• **Task instructions**: Go through the entries and copy every line that has the string "with" in it.

Dataset entries
- Opening Delimiter -
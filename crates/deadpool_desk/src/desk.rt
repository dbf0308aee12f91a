//! What gets ask of a pool, and objects that go back: one step at a time, each with its reply.
//!
//! What a step does is said as `Core` does it, by its relation. Another desk has a relation of its own, and owes
//! nothing beyond it but that the reply is one of those of the step, and that it says what its get holds.
ghost use Rattle.std.specs.Prelude.{⊤, ℕ, Option};
ghost use Rattle.deadpool_desk.specs.Replies.{Brings, IsReplyTo, IsTakenBack, Leaves, NamesOnly};
ghost use Rattle.deadpool_desk.specs.Replies.{needed, left_by};
ghost use Rattle.deadpool_desk.specs.declared.slot.Slot.{Slot};
ghost use Rattle.deadpool_desk.specs.declared.step.Held.{Held};
ghost use Rattle.deadpool_desk.specs.declared.step.Reply.{Reply};
ghost use Rattle.deadpool_desk.specs.declared.step.Step.{Step};

use crate::{Reply, Slot, Step};

/// The steps of a pool that a get or an object makes. The pool's owner makes those of `OwnerDesk`.
pub trait Desk<T> {
    // What a get holds at the desk, as far as the desk keeps it. By default it keeps nothing of it.
    ghost holds: { Self → Option Held → Type 0 } = { λ _ _. ⊤ };

    // Which objects the desk takes back, by their numbers, as far as it keeps that. By default it takes any.
    ghost takes_back: { Self → ℕ → Type 0 } = { λ _ _. ⊤ };

    // Under which tickets its get waits in the queue, as far as the desk keeps that. By default under any.
    ghost waits: { Self → ℕ → Type 0 } = { λ _ _. ⊤ };

    // It holds of a step with its reply, what was in the hand and what is in it then, and the desks before and after.
    ghost makes: { Self → Step → Option (Slot T) → Reply → Option (Slot T) → Self → Type 0 };

    /// Makes one step. The object that it takes or gives is in `hand`.
    fn make(&mut self, step: &Step, hand: &mut Option<Slot<T>>) -> Reply
        requires brings { Brings step.now hand.old }
        requires back { IsTakenBack (takes_back self.old) step.now hand.old }
        requires named { NamesOnly (waits self.old) step.now }
        requires holds { holds self.old (needed step.now) }
        ensures made { makes self.old step.now hand.old result hand.new self.new }
        ensures fits { IsReplyTo step.now result }
        ensures hand { Leaves result hand.old hand.new }
        ensures holds { holds self.new (left_by step.now result) };
}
- Closing Delimiter -
• **Output for this exercise**:
//! What gets ask of a pool, and objects that go back: one step at a time, each with its reply.
    // It holds of a step with its reply, what was in the hand and what is in it then, and the desks before and after.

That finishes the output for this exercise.